The optimization approach using the NSGA-II algorithm successfully identified an optimal project schedule by balancing cost, time, and resource constraints. After 200 generations, the best solution was determined using the weighted sum technique, with an optimal preference index (PI) of 0.16549756, a project duration of 274 days, and a total direct cost of USD 550,000. The analysis of the non-dominated set of solutions demonstrates that no single criterion (cost or time) could be improved without negatively impacting the other. By applying the optimal execution mode for each project activity (as detailed in Table 7 and Table 8), resources for noncritical activities within their floating periods are redistributed effectively using our method. Comparing the obtained results (274 days and USD 632,200) with the contracted project duration and cost (285 days and USD 660,500), using the proposed method achieved a shorter project duration and lower cost. This confirms the effectiveness of NSGA-II in avoiding local minima and identifying a globally optimal solution. The method’s ability to dynamically allocate resources while maintaining project constraints ensures an efficient and feasible scheduling solution.

6. Conclusions

Under resource constraints and uncertainty, this paper presents an integrated approach for shortening project schedules by combining resource planning scheduling with project scheduling. This approach was implemented within a computational framework based on Python. The method iteratively reschedules all project activities to achieve more efficient and optimized project scheduling. Based on the results obtained with NSGA-II, it is evident that the approach achieves a global optimal solution, effectively avoiding entrapment in local minima. This method assists both contractors and project managers in shortening the project schedule while ensuring the integrated and efficient utilization of resources. Moreover, the applied approach provides multi-objective improvements, particularly in scenarios characterized by uncertainty. It serves as a valuable tool for facilitating resource management and achieving a balance between cost and time. This enables contractors and project managers to select the optimal solution from the available alternatives, considering the specific conditions and challenges that may arise during project execution. The following are the weaknesses of the application mode:

• The use of fuzzy triangle numbers is limited to the modeling of uncertainty related to specific factors only.
• Linear developments, including the installation of electricity lines and pipes, are not considered.
• The scheduling of multiple constrained resources is overlooked.

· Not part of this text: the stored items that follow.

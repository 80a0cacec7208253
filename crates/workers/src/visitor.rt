//! Visits of blocks, down to the minutes.

ghost use Rattle.std.specs.Prelude.{◌≡◌, ◌≢◌, ◌<◌, ◌≤◌, IfNone, IfOk, IfSome, OnOk, OnErr};
ghost use Rattle.definitions.specs.declared.block.Span.TheVariants.{Hour, Minute};
ghost use Rattle.std.specs.Option.{ForSome};
ghost use Rattle.definitions.specs.sequences.Windows.{IsWindow};
ghost use Rattle.definitions.specs.answers.Blocks.{IsBlock, IsBound, children};
ghost use Rattle.field_tables.specs.Scored.{costs_of};
ghost use Rattle.signal_base.specs.declared.limits.TheConstants.{GREATEST_COST};
ghost use Rattle.race_words.specs.declared.view.View.{View};
ghost use Rattle.race_words.specs.Keys.{no_key};
ghost use Rattle.race_words.specs.Views.{after_limit};
ghost use Rattle.block_visits.specs.Visits.{limit_at};
ghost use Rattle.workers.specs.Steps.{HasOpened, HasStopped, HasWalked, HaveStopped, HaveWalked};

use crate::recorder::Recorder;
use bounds::{Bounded, block_key, bound, bounded_children};
use definitions::{Block, Span, children_share_the_sequences};
use field_tables::Tables;
use race_words::{Race, Seat};
use sequence::ceiling_key;

/// What is the same for all visits of a search.
#[derive(Clone, Copy)]
pub(crate) struct Visitor<'a> {
    pub race: &'a Race,
    pub tables: &'a Tables<'a>,
    pub ceiling: u32,
    pub ghost ceiling_is_a_cost: { ceiling ≤ GREATEST_COST },
    pub ghost window_is_in_range: { IsWindow tables.now.window },
}

impl Visitor<'_> {
    /// Visits a block of the window: passes it over, or visits its children; of a minute it offers the key. `latest` is what the seat
    /// read last, and becomes that where a year is passed over by its floor or its days by theirs.
    pub(crate) fn visit_item<K: Recorder>(
        &self,
        seat: &mut Seat,
        item: &Block,
        latest: &mut u64,
        recorder: &mut K,
    ) -> Result<(), K::Fault>
        requires race { seat.old.race ≡ self.now.race.now.id }
        requires block { IsBlock self.now.tables.now.window item.now }
        ensures race { seat.new.race ≡ seat.old.race }
        ensures walked { let t = self.now.tables.now in
            OnOk result (HasWalked K.told (costs_of t) t.window self.now.ceiling item.now seat.old.view seat.new.view recorder.old recorder.new) }
        ensures stopped { let t = self.now.tables.now in
            OnErr result (HasStopped K.told K.fails (costs_of t) t.window self.now.ceiling item.now seat.old.view seat.new.view recorder.old recorder.new) }
    {
        if recorder.needs_steps() {
            return self.visit_by_steps(seat, item, recorder);
        }
        if item.span == Span::Year {
            return self.visit_year(seat, item, latest, recorder);
        }
        self.visit_by_steps(seat, item, recorder)
    }

    // The same, and each block takes its own step.
    fn visit_by_steps<K: Recorder>(
        &self,
        seat: &mut Seat,
        item: &Block,
        recorder: &mut K,
    ) -> Result<(), K::Fault>
        requires race { seat.old.race ≡ self.now.race.now.id }
        requires block { IsBlock self.now.tables.now.window item.now }
        ensures race { seat.new.race ≡ seat.old.race }
        ensures walked { let t = self.now.tables.now in
            OnOk result (HasWalked K.told (costs_of t) t.window self.now.ceiling item.now seat.old.view seat.new.view recorder.old recorder.new) }
        ensures stopped { let t = self.now.tables.now in
            OnErr result (HasStopped K.told K.fails (costs_of t) t.window self.now.ceiling item.now seat.old.view seat.new.view recorder.old recorder.new) }
    {
        let found = Bounded {
            block: *item,
            bound: bound(self.tables, item),
        };
        if item.span == Span::Minute {
            return self.visit_minute(seat, &found, recorder);
        }
        let opened = self.come_to(seat, &found, recorder)?;
        let Some(_key) = opened else {
            return Ok(());
        };
        self.visit_children(seat, item, recorder)
    }

    // Visits the children of a block that isn't a minute, one after the other. A child that is passed over costs no call.
    pub(crate) fn visit_children<K: Recorder>(
        &self,
        seat: &mut Seat,
        block: &Block,
        recorder: &mut K,
    ) -> Result<(), K::Fault>
        requires race { seat.old.race ≡ self.now.race.now.id }
        requires block { IsBlock self.now.tables.now.window block.now }
        requires longer { block.now.span ≢ Minute }
        ensures race { seat.new.race ≡ seat.old.race }
        ensures walked { let t = self.now.tables.now in
            OnOk result (HaveWalked K.told (costs_of t) t.window self.now.ceiling (children block.now) seat.old.view seat.new.view recorder.old recorder.new) }
        ensures stopped { let t = self.now.tables.now in
            OnErr result (HaveStopped K.told K.fails (costs_of t) t.window self.now.ceiling (children block.now) seat.old.view seat.new.view recorder.old recorder.new) }
    {
        if block.span == Span::Hour {
            return self.visit_minutes(seat, block, recorder);
        }
        children_share_the_sequences();
        let mut children = bounded_children(self.tables, block);
        // What doesn't change is the loop's own, so that it may stay in registers: after each read of the race's limit
        // everything else would be read again. A call that isn't inlined gets no reference to it, nor to `child`.
        let visitor = *self;
        while let Some(child) = children.next() {
            let opened = visitor.come_to(seat, &child, recorder)?;
            let Some(_key) = opened else {
                continue;
            };
            let copy = child.block;
            self.visit_children(seat, &copy, recorder)?;
        }
        Ok(())
    }

    // Visits the minutes of an hour, one after the other.
    fn visit_minutes<K: Recorder>(
        &self,
        seat: &mut Seat,
        hour: &Block,
        recorder: &mut K,
    ) -> Result<(), K::Fault>
        requires race { seat.old.race ≡ self.now.race.now.id }
        requires block { IsBlock self.now.tables.now.window hour.now }
        requires hour { hour.now.span ≡ Hour }
        ensures race { seat.new.race ≡ seat.old.race }
        ensures walked { let t = self.now.tables.now in
            OnOk result (HaveWalked K.told (costs_of t) t.window self.now.ceiling (children hour.now) seat.old.view seat.new.view recorder.old recorder.new) }
        ensures stopped { let t = self.now.tables.now in
            OnErr result (HaveStopped K.told K.fails (costs_of t) t.window self.now.ceiling (children hour.now) seat.old.view seat.new.view recorder.old recorder.new) }
    {
        children_share_the_sequences();
        let mut minutes = bounded_children(self.tables, hour);
        // As in `visit_children`.
        let visitor = *self;
        while let Some(minute) = minutes.next() {
            visitor.visit_minute(seat, &minute, recorder)?;
        }
        Ok(())
    }

    // Visits a minute whose bound is known: passes it over, or offers its key.
    #[inline(always)]
    fn visit_minute<K: Recorder>(
        &self,
        seat: &mut Seat,
        found: &Bounded,
        recorder: &mut K,
    ) -> Result<(), K::Fault>
        requires race { seat.old.race ≡ self.now.race.now.id }
        requires block { IsBlock self.now.tables.now.window found.now.block }
        requires minute { found.now.block.span ≡ Minute }
        requires bound { let t = self.now.tables.now in IsBound (costs_of t) t.window found.now.block found.now.bound }
        requires small { ForSome found.now.bound (λ n. n ≤ GREATEST_COST) }
        ensures race { seat.new.race ≡ seat.old.race }
        ensures walked { let t = self.now.tables.now in
            OnOk result (HasWalked K.told (costs_of t) t.window self.now.ceiling found.now.block seat.old.view seat.new.view recorder.old recorder.new) }
        ensures stopped { let t = self.now.tables.now in
            OnErr result (HasStopped K.told K.fails (costs_of t) t.window self.now.ceiling found.now.block seat.old.view seat.new.view recorder.old recorder.new) }
    {
        let opened = self.come_to(seat, found, recorder)?;
        let Some(key) = opened else {
            return Ok(());
        };
        self.race.offer(seat, key);
        Ok(())
    }

    // Comes to a block whose bound is known: reads the race's limit, once. The block's key, or None where the block is passed
    // over.
    #[inline(always)]
    fn come_to<K: Recorder>(
        &self,
        seat: &mut Seat,
        found: &Bounded,
        recorder: &mut K,
    ) -> Result<Option<u64>, K::Fault>
        requires race { seat.old.race ≡ self.now.race.now.id }
        requires block { IsBlock self.now.tables.now.window found.now.block }
        requires bound { let t = self.now.tables.now in IsBound (costs_of t) t.window found.now.block found.now.bound }
        requires small { ForSome found.now.bound (λ n. n ≤ GREATEST_COST) }
        ensures race { seat.new.race ≡ seat.old.race }
        ensures passed { let t = self.now.tables.now in IfOk result (λ opened.
            IfNone opened (HasWalked K.told (costs_of t) t.window self.now.ceiling found.now.block seat.old.view seat.new.view recorder.old recorder.new)) }
        ensures opened { IfOk result (λ opened.
            IfSome opened (λ key. HasOpened K.told self.now.ceiling found.now.block found.now.bound key seat.old.view seat.new.view recorder.old recorder.new)) }
        ensures key { IfOk result (λ opened. IfSome opened (λ key. key < no_key)) }
        ensures stopped { let t = self.now.tables.now in
            OnErr result (HasStopped K.told K.fails (costs_of t) t.window self.now.ceiling found.now.block seat.old.view seat.new.view recorder.old recorder.new) }
    {
        let seen = self.race.limit(seat);
        self.take_step(found, seen, recorder)
    }

    // The step of a block whose bound is known, and at which this was read, for any view that it was not above. The block's key,
    // or None where the block is passed over.
    #[inline(always)]
    pub(crate) fn take_step<K: Recorder>(
        &self,
        found: &Bounded,
        seen: u64,
        recorder: &mut K,
    ) -> Result<Option<u64>, K::Fault>
        requires block { IsBlock self.now.tables.now.window found.now.block }
        requires bound { let t = self.now.tables.now in IsBound (costs_of t) t.window found.now.block found.now.bound }
        requires small { ForSome found.now.bound (λ n. n ≤ GREATEST_COST) }
        ensures passed { let t = self.now.tables.now in (v : View) → seen ≤ v.floor → IfOk result (λ opened.
            IfNone opened (HasWalked K.told (costs_of t) t.window self.now.ceiling found.now.block v (after_limit seen v) recorder.old recorder.new)) }
        ensures opened { (v : View) → seen ≤ v.floor → IfOk result (λ opened.
            IfSome opened (λ key. HasOpened K.told self.now.ceiling found.now.block found.now.bound key v (after_limit seen v) recorder.old recorder.new)) }
        ensures key { IfOk result (λ opened. IfSome opened (λ key. key < no_key)) }
        ensures stopped { let t = self.now.tables.now in (v : View) →
            OnErr result (HasStopped K.told K.fails (costs_of t) t.window self.now.ceiling found.now.block v (after_limit seen v) recorder.old recorder.new) }
    {
        recorder.record(&found.block, found.bound, seen)?;
        let Some(bound) = found.bound else {
            return Ok(None);
        };
        let key = block_key(bound, &found.block);
        let limit = limit_at(self.ceiling, seen);
        if key > limit {
            return Ok(None);
        }
        Ok(Some(key))
    }
}

// The key above which a block is passed over.
pub(crate) fn limit_at(ceiling: u32, seen: u64) -> u64
    requires { ceiling ≤ GREATEST_COST }
    ensures { result ≡ limit_at ceiling seen }
{
    seen.min(ceiling_key(ceiling))
}
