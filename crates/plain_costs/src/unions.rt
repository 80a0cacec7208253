//! What the walkable sequences of a block allow together.

ghost use Rattle.std.specs.Prelude.{◌≡◌, ◌<◌, ◌↔◌, ℕ, IsTrue, bit_or, slice_index, true};
ghost use Rattle.definitions.specs.codes.Allowed.{has_station};
ghost use Rattle.definitions.specs.sequences.Walks.{IsSequence, IsWalkable, set_at};
ghost use Rattle.definitions.specs.sequences.Windows.{IsWindow};
ghost use Rattle.definitions.specs.answers.Blocks.{HasWalk, IsBlock, IsUnion};
ghost use Rattle.plain_costs.specs.Unions.{sequence_from};

use civil::Civil;
use definitions::{Block, Sequence};
use sequence::{next_place, set_in, walkable};
use signal_base::{MOST_SECONDS, Station, Window};

/// A set for each slot that a window can have.
pub type Sets = [u8; MOST_SECONDS as usize];

/// Whether some sequence of the block is walkable.
pub fn has_walk(civil: &Civil, window: &Window, block: &Block) -> bool
    requires window { IsWindow window.now }
    requires block { IsBlock window.now block.now }
    ensures { IsTrue result ↔ HasWalk window.now block.now }
{
    for first in block.lo..block.hi {
        if walkable(civil, window, &sequence_from(block, first)) {
            return true;
        }
    }
    false
}

/// In each slot the union of the sets that the block's walkable sequences allow the station. Where one of them isn't
/// scored the union isn't either, since that set has all bits.
pub fn unions_of(civil: &Civil, station: Station, window: &Window, block: &Block) -> Sets
    requires window { IsWindow window.now }
    requires block { IsBlock window.now block.now }
    requires heard { has_station window.now.stations station ≡ true }
    ensures { (k : ℕ) → k < window.now.seconds → IsUnion window.now block.now station k (slice_index result k) }
{
    let mut sets = no_sets();
    for first in block.lo..block.hi {
        let q = sequence_from(block, first);
        if walkable(civil, window, &q) {
            add_walk(&mut sets, civil, station, window, &q);
        }
    }
    sets
}

// A set of nothing in each slot.
fn no_sets() -> Sets
    ensures { (k : ℕ) → slice_index result k ≡ 0 }
{
    [0; MOST_SECONDS as usize]
}

// The block's sequence from minute `first` on.
fn sequence_from(block: &Block, first: u32) -> Sequence
    ensures { result ≡ sequence_from block.now first }
{
    Sequence {
        first,
        second: block.second,
        announced: block.announced,
    }
}

// Adds what the walk of a sequence allows the station.
fn add_walk(sets: &mut Sets, civil: &Civil, station: Station, window: &Window, q: &Sequence)
    requires window { IsWindow window.now }
    requires sequence { IsSequence q.now }
    requires walkable { IsWalkable window.now q.now }
    requires heard { has_station window.now.stations station ≡ true }
    ensures { (k : ℕ) → k < window.now.seconds → slice_index sets.new k ≡ bit_or (slice_index sets.old k) (set_at station q.now k) }
{
    let mut place = (q.first, q.second);
    for slot in 0..window.seconds {
        sets[slot as usize] |= set_in(civil, station, q.announced, place);
        place = next_place(civil, q.announced, place);
    }
}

Future directions for developing this method may include

• Expanding the scope of application to encompass linear projects, making the method more suitable for sectors such as energy and infrastructure.
• Incorporating additional membership functions beyond the triangular function, such as Gaussian or trapezoidal functions, to enhance the accuracy of uncertainty representation.
• Developing models that account for the multiple-resource-constrained scheduling problem, enabling more efficient project management.
• Exploring additional metaheuristic algorithms, such as harmony search or ant colony optimization, alongside the currently used genetic algorithm, to improve the method’s performance and optimization accuracy.